▶ **EXERCISE INPUT**:

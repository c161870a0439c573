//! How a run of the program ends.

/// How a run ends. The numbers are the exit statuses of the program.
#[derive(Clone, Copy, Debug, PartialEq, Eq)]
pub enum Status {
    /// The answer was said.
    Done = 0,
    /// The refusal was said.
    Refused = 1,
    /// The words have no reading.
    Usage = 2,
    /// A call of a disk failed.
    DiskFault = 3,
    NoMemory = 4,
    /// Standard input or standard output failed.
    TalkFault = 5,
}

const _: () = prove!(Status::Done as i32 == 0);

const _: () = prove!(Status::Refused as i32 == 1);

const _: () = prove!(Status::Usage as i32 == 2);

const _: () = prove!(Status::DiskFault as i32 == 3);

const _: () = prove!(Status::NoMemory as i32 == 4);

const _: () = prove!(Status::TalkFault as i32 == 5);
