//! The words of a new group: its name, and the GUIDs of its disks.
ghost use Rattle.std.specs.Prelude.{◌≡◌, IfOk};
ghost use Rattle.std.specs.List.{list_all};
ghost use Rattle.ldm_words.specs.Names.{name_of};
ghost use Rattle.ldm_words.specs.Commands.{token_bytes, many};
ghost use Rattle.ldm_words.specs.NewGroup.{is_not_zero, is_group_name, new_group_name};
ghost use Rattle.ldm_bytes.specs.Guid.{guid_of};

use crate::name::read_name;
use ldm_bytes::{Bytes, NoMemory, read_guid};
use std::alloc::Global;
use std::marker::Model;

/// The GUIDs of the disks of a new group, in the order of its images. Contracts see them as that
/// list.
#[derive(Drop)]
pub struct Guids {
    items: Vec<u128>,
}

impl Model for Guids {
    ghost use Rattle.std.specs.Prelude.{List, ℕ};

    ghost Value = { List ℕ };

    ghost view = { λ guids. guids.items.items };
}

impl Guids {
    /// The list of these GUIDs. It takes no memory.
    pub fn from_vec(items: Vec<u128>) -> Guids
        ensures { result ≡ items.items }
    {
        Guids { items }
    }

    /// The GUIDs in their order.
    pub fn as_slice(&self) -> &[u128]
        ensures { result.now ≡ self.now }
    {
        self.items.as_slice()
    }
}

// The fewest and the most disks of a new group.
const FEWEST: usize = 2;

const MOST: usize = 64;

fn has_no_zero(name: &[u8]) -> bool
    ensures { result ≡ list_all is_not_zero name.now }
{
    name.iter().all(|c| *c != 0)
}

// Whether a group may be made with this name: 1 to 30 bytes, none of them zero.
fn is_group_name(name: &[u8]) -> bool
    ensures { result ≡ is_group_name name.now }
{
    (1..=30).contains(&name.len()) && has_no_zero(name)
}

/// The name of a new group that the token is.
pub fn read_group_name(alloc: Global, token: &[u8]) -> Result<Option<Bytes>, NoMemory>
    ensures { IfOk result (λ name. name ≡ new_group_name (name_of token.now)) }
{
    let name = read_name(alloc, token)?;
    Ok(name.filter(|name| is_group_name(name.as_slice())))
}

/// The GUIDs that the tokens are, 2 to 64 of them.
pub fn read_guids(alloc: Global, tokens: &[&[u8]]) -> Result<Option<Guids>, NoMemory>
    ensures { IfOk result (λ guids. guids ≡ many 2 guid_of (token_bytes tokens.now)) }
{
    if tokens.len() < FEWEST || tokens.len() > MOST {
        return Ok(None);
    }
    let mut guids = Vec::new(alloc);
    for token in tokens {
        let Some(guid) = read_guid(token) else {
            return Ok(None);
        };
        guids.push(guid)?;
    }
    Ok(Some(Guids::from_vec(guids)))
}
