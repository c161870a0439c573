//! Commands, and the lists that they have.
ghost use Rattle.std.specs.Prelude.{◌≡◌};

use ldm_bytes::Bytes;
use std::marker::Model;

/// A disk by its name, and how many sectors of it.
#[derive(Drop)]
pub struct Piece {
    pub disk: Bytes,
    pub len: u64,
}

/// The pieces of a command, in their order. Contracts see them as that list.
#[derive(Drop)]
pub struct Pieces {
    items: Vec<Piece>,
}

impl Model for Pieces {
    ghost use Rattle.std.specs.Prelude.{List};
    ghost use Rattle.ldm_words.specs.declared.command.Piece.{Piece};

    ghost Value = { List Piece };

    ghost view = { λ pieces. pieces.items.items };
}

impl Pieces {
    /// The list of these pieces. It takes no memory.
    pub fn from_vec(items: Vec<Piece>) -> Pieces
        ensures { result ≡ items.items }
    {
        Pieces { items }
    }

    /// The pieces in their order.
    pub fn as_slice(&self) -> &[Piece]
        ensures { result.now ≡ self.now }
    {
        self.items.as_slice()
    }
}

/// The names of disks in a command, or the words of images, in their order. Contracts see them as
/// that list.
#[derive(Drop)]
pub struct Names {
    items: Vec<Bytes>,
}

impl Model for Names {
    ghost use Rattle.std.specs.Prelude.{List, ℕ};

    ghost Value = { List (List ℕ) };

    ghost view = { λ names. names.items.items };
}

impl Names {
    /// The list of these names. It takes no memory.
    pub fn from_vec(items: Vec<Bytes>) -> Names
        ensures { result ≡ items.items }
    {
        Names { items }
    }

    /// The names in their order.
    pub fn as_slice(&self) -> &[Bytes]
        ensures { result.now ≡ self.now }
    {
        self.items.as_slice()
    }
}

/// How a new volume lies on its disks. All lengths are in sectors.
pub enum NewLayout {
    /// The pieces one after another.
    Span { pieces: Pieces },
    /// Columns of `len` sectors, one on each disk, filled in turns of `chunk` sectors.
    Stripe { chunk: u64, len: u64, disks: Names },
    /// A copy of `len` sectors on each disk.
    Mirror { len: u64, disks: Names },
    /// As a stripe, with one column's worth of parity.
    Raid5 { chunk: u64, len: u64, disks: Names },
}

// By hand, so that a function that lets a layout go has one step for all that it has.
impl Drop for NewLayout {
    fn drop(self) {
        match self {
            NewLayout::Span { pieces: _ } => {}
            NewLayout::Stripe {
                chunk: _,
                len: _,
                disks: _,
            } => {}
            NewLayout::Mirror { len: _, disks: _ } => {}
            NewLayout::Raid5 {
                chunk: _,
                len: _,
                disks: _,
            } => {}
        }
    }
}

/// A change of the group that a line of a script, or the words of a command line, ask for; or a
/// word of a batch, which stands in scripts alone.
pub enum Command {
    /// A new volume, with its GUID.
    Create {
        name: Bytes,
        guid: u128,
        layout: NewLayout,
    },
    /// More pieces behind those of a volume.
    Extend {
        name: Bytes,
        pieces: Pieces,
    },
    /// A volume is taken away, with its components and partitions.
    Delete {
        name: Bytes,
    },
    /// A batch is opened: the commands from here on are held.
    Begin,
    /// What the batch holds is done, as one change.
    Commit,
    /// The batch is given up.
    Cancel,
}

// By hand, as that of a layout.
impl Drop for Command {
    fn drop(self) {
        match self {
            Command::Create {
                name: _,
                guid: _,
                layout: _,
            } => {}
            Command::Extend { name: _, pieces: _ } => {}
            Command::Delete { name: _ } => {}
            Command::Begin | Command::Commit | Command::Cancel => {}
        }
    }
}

▶ **EXERCISE GOAL**:
Reproduce the complete data exactly as presented above.

▶ **RESPONSE BOX**:
repository c161870a0439c573
//! How a run of the program ends.

/// How a run ends. The numbers are the exit statuses of the program.
#[derive(Clone, Copy, Debug, PartialEq, Eq)]
pub enum Status {
    /// The answer was said.
    Done = 0,
    /// The refusal was said.
    Refused = 1,
    /// The words have no reading.
    Usage = 2,
    /// A call of a disk failed.
    DiskFault = 3,
    NoMemory = 4,
    /// Standard input or standard output failed.
    TalkFault = 5,
}

const _: () = prove!(Status::Done as i32 == 0);

const _: () = prove!(Status::Refused as i32 == 1);

const _: () = prove!(Status::Usage as i32 == 2);

const _: () = prove!(Status::DiskFault as i32 == 3);

const _: () = prove!(Status::NoMemory as i32 == 4);

const _: () = prove!(Status::TalkFault as i32 == 5);
//! The words of a new group: its name, and the GUIDs of its disks.
ghost use Rattle.std.specs.Prelude.{◌≡◌, IfOk};
ghost use Rattle.std.specs.List.{list_all};
ghost use Rattle.ldm_words.specs.Names.{name_of};
ghost use Rattle.ldm_words.specs.Commands.{token_bytes, many};
ghost use Rattle.ldm_words.specs.NewGroup.{is_not_zero, is_group_name, new_group_name};
ghost use Rattle.ldm_bytes.specs.Guid.{guid_of};

use crate::name::read_name;
use ldm_bytes::{Bytes, NoMemory, read_guid};
use std::alloc::Global;
use std::marker::Model;

/// The GUIDs of the disks of a new group, in the order of its images. Contracts see them as that
/// list.
#[derive(Drop)]
pub struct Guids {
    items: Vec<u128>,
}

impl Model for Guids {
    ghost use Rattle.std.specs.Prelude.{List, ℕ};

    ghost Value = { List ℕ };

    ghost view = { λ guids. guids.items.items };
}

impl Guids {
    /// The list of these GUIDs. It takes no memory.
    pub fn from_vec(items: Vec<u128>) -> Guids
        ensures { result ≡ items.items }
    {
        Guids { items }
    }

    /// The GUIDs in their order.
    pub fn as_slice(&self) -> &[u128]
        ensures { result.now ≡ self.now }
    {
        self.items.as_slice()
    }
}

// The fewest and the most disks of a new group.
const FEWEST: usize = 2;

const MOST: usize = 64;

fn has_no_zero(name: &[u8]) -> bool
    ensures { result ≡ list_all is_not_zero name.now }
{
    name.iter().all(|c| *c != 0)
}

// Whether a group may be made with this name: 1 to 30 bytes, none of them zero.
fn is_group_name(name: &[u8]) -> bool
    ensures { result ≡ is_group_name name.now }
{
    (1..=30).contains(&name.len()) && has_no_zero(name)
}

/// The name of a new group that the token is.
pub fn read_group_name(alloc: Global, token: &[u8]) -> Result<Option<Bytes>, NoMemory>
    ensures { IfOk result (λ name. name ≡ new_group_name (name_of token.now)) }
{
    let name = read_name(alloc, token)?;
    Ok(name.filter(|name| is_group_name(name.as_slice())))
}

/// The GUIDs that the tokens are, 2 to 64 of them.
pub fn read_guids(alloc: Global, tokens: &[&[u8]]) -> Result<Option<Guids>, NoMemory>
    ensures { IfOk result (λ guids. guids ≡ many 2 guid_of (token_bytes tokens.now)) }
{
    if tokens.len() < FEWEST || tokens.len() > MOST {
        return Ok(None);
    }
    let mut guids = Vec::new(alloc);
    for token in tokens {
        let Some(guid) = read_guid(token) else {
            return Ok(None);
        };
        guids.push(guid)?;
    }
    Ok(Some(Guids::from_vec(guids)))
}
repository c161870a0439c573
//! Commands, and the lists that they have.
ghost use Rattle.std.specs.Prelude.{◌≡◌};

use ldm_bytes::Bytes;
use std::marker::Model;

/// A disk by its name, and how many sectors of it.
#[derive(Drop)]
pub struct Piece {
    pub disk: Bytes,
    pub len: u64,
}

/// The pieces of a command, in their order. Contracts see them as that list.
#[derive(Drop)]
pub struct Pieces {
    items: Vec<Piece>,
}

impl Model for Pieces {
    ghost use Rattle.std.specs.Prelude.{List};
    ghost use Rattle.ldm_words.specs.declared.command.Piece.{Piece};

    ghost Value = { List Piece };

    ghost view = { λ pieces. pieces.items.items };
}

impl Pieces {
    /// The list of these pieces. It takes no memory.
    pub fn from_vec(items: Vec<Piece>) -> Pieces
        ensures { result ≡ items.items }
    {
        Pieces { items }
    }

    /// The pieces in their order.
    pub fn as_slice(&self) -> &[Piece]
        ensures { result.now ≡ self.now }
    {
        self.items.as_slice()
    }
}

/// The names of disks in a command, or the words of images, in their order. Contracts see them as
/// that list.
#[derive(Drop)]
pub struct Names {
    items: Vec<Bytes>,
}

impl Model for Names {
    ghost use Rattle.std.specs.Prelude.{List, ℕ};

    ghost Value = { List (List ℕ) };

    ghost view = { λ names. names.items.items };
}

impl Names {
    /// The list of these names. It takes no memory.
    pub fn from_vec(items: Vec<Bytes>) -> Names
        ensures { result ≡ items.items }
    {
        Names { items }
    }

    /// The names in their order.
    pub fn as_slice(&self) -> &[Bytes]
        ensures { result.now ≡ self.now }
    {
        self.items.as_slice()
    }
}

/// How a new volume lies on its disks. All lengths are in sectors.
pub enum NewLayout {
    /// The pieces one after another.
    Span { pieces: Pieces },
    /// Columns of `len` sectors, one on each disk, filled in turns of `chunk` sectors.
    Stripe { chunk: u64, len: u64, disks: Names },
    /// A copy of `len` sectors on each disk.
    Mirror { len: u64, disks: Names },
    /// As a stripe, with one column's worth of parity.
    Raid5 { chunk: u64, len: u64, disks: Names },
}

// By hand, so that a function that lets a layout go has one step for all that it has.
impl Drop for NewLayout {
    fn drop(self) {
        match self {
            NewLayout::Span { pieces: _ } => {}
            NewLayout::Stripe {
                chunk: _,
                len: _,
                disks: _,
            } => {}
            NewLayout::Mirror { len: _, disks: _ } => {}
            NewLayout::Raid5 {
                chunk: _,
                len: _,
                disks: _,
            } => {}
        }
    }
}

/// A change of the group that a line of a script, or the words of a command line, ask for; or a
/// word of a batch, which stands in scripts alone.
pub enum Command {
    /// A new volume, with its GUID.
    Create {
        name: Bytes,
        guid: u128,
        layout: NewLayout,
    },
    /// More pieces behind those of a volume.
    Extend {
        name: Bytes,
        pieces: Pieces,
    },
    /// A volume is taken away, with its components and partitions.
    Delete {
        name: Bytes,
    },
    /// A batch is opened: the commands from here on are held.
    Begin,
    /// What the batch holds is done, as one change.
    Commit,
    /// The batch is given up.
    Cancel,
}

// By hand, as that of a layout.
impl Drop for Command {
    fn drop(self) {
        match self {
            Command::Create {
                name: _,
                guid: _,
                layout: _,
            } => {}
            Command::Extend { name: _, pieces: _ } => {}
            Command::Delete { name: _ } => {}
            Command::Begin | Command::Commit | Command::Cancel => {}
        }
    }
}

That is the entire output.